** Exercise aim **
Here are the records. Write out exactly the lines between the one holding "are one (5.4)." and the one holding "use primitives::Reply;", inclusive.

Stored data:
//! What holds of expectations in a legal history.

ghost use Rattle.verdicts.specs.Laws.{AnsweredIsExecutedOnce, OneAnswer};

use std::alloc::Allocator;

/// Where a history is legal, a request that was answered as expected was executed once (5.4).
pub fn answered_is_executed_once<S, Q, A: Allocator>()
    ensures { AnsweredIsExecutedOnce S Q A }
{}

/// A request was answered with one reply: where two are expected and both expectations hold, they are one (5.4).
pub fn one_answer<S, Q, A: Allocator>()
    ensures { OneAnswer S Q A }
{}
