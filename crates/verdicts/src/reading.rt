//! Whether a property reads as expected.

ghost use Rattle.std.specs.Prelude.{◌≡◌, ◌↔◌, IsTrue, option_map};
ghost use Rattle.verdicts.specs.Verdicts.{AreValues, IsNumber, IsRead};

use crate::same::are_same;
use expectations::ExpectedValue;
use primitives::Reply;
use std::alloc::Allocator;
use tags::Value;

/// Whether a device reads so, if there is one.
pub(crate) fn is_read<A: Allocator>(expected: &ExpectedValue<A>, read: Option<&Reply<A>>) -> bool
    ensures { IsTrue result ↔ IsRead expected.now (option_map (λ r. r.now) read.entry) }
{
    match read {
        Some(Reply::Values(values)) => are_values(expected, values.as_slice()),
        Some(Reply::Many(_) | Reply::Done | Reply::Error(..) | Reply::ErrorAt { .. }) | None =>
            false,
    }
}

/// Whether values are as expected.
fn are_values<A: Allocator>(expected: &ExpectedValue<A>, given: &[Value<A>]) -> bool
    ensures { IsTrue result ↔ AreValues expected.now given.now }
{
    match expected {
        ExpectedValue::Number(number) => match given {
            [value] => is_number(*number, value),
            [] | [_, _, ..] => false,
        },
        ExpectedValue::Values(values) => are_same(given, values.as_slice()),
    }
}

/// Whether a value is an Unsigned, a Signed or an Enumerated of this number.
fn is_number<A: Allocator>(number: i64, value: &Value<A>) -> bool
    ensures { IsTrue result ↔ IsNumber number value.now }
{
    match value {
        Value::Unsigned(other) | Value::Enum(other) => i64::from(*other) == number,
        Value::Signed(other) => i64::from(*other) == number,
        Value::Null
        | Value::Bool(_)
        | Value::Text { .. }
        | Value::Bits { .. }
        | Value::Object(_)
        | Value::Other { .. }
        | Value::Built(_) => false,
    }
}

** Result **
/// A request was answered with one reply: where two are expected and both expectations hold, they are one (5.4).
pub fn one_answer<S, Q, A: Allocator>()
    ensures { OneAnswer S Q A }
{}
filename crates/verdicts/src/reading.rt
//! Whether a property reads as expected.

ghost use Rattle.std.specs.Prelude.{◌≡◌, ◌↔◌, IsTrue, option_map};
ghost use Rattle.verdicts.specs.Verdicts.{AreValues, IsNumber, IsRead};

use crate::same::are_same;
use expectations::ExpectedValue;
use primitives::Reply;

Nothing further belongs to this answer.